1) Check the hand and foot brakes each light the test LED 2) Check that when you press the Set button it lights the test LED 3) Check that when you press the Accel/Resume button, it lights the test LED 4) There is a test to spin the wheel to check the VSS registers on the test LED. I

originally did this test with the Rostra VSS kit/magnets but after changing to the digital VSS solution in the wiring harness I did not repeat this test. I am unsure if you can spin either front or rear wheels independently and get the VSS to register. Rostra’s guide doesn’t really talk about verifying a digital VSS method to my knowledge. If you wired it up correctly it should work. No pulse received at the Rostra cruise module will certainly mean no cruise functionality.

Also check your clutch banjo switch works and shorts when the clutch is depressed, grounding out the orange cruise module wire.

Ensure you rectify any issues, where found. Turn the ignition off to reset the system.

When going for the test ride, familiarize yourself where the buttons are and what to do should the unexpected occur – foot, or hand brake, or clutch will deactivate the cruise, as will the OFF button on the keypad. Worst case, use the kill switch to kill the engine. Pick a quiet road, don’t try it out in peak hour OK? Keep speeds down. Use common sense.

TUNING

Having established that the system works, you can now try optimizing the various DIP switch settings to your application and preference if needed. Change one parameter at a time to gauge effectiveness and move in small steps. What is already listed earlier is how mine is set.

Note the behaviour of the system does vary with speed to some degree. You really need to try a variety of conditions before judging the overall performance of the settings under trial – lower and higher speeds, gentle undulations and larger undulations.

Overall I would compromise the system for slight undershoot up larger hills, minimal overshoot and smoothness of take up initially once engaged. Flat boring freeways is where you want this to work predominately.

BUTTONING UP AND WATERPROOFING

The keypad controller and cruise module may benefit from some neutral cure Silicon application to help keep water out. Note that the controller I have used is expected to be installed inside a car.

Below – Siliconing up the DIP switch cover and wire outputs from the cruise module with neutral cure silicon

Below – silconing up the controller pad – centre wires to be siliconed up also before removing the 3M tape backing and sticking it to the aluminium support bracket.

TRIPLE CHECKS TO ENSURE YOUR SAFETY The main areas you need to triple check to ensure your safety are:

1) The Throttle Linkage – activate the throttle by hand and satisfy yourself that the cruise cable does not catch on anything.
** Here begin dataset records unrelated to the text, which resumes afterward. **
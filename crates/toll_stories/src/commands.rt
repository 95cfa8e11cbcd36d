//! The plant's lines.
use std::alloc::{AllocError, Global};
use toll_desk::PlantCmd;
use toll_plant::{WordsFault, command_of};

/// The command of these words; `None` if they are no command's. An `Err` means that there was no memory.
pub fn plant_cmd(alloc: Global, words: &[&str]) -> Result<Option<PlantCmd>, AllocError> {
    match command_of(alloc, words) {
        Ok(command) => Ok(Some(command)),
        Err(WordsFault::Memory) => Err(AllocError),
        Err(WordsFault::Usage(_)) => Ok(None),
    }
}
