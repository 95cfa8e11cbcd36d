//! Many receipts with ample memory, each followed by a look at the stock.
use crate::{WITH_BATCH, WITH_RECIPE, check_said_over, say};
use std::alloc::{AllocError, Global};
use std::test::Fail;
use toll_keep::Keep;

const RECEIPTS: u64 = 300;

// What is said to the receipt with this number.
fn receive<K: Keep>(alloc: Global, keep: &mut K, number: u64) -> Result<String, AllocError> {
    let line = format!(in alloc; "receive ACME Z-{number} M Z S 1 12")?;
    say(alloc, keep, line.as_str())
}

// The stock once so many of them came, one of each.
fn stock_with(alloc: Global, amount: u64) -> Result<String, AllocError> {
    let lot = "\"disposition\":\"quarantined\",\"lot\":\"Z\",\"material\":\"M\",\"measure\":\"kg\"";
    format!(in alloc;
        "200 {{\"lots\":[{{\"amount\":100,\"disposition\":\"released\",\"lot\":\"A\",\"material\":\"M\",\"measure\":\"kg\"}},{{\"amount\":{amount},{lot}}}]}}"
    )
}

// Fails if the receipt with this number is not accepted, or the stock after it is another one.
fn check_receipt<K: Keep>(alloc: Global, keep: &mut K, number: u64) -> Result<(), Fail> {
    let said = receive(alloc, keep, number)?;
    let stock = say(alloc, keep, "> ACME ACMEKEY1 GET /stock")?;
    if said.as_str() == "accepted" && stock == stock_with(alloc, number)? {
        return Ok(());
    }
    Err(format!(in alloc; "{number}: {said}, {stock}")?.into())
}

/// Fails if one of 300 receipts is not accepted, or the stock after it is another one.
pub fn check_receipts<K: Keep>(alloc: Global, keep: &mut K) -> Result<(), Fail> {
    check_said_over(alloc, keep, &[WITH_RECIPE, WITH_BATCH])?;
    for number in 1..RECEIPTS + 1 {
        check_receipt(alloc, keep, number)?;
    }
    Ok(())
}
If it does, the throttle will hang open, which could be fatal. Try different scenarios, slow and rapid throttle opening, full and part throttle. In the position shown it should backfeed into its sheath.

2) Self Checks in Diagnostic mode – ensure you complete and pass all the checks before road testing. No compromises!

3) Road test on a quiet road away from traffic. Keep speeds low and cover the switches. Wear all your safety gear – helmet, gloves, leathers and boots.

Good luck with the installation – remember your safety must not be compromised. Install this kit like your life depended on it, because it does! Inspect the system regularly and hopefully you'll enjoy an electronic cruise for years of great motorcycling.

Finally – check with your insurer before fitting this kit. Initial discussions with a learned motorcycle industry insider suggested that an engineer’s certificate would probably be needed to be insurable. Shop around also as you may find some insurers are more understanding about this kind of accessory than others.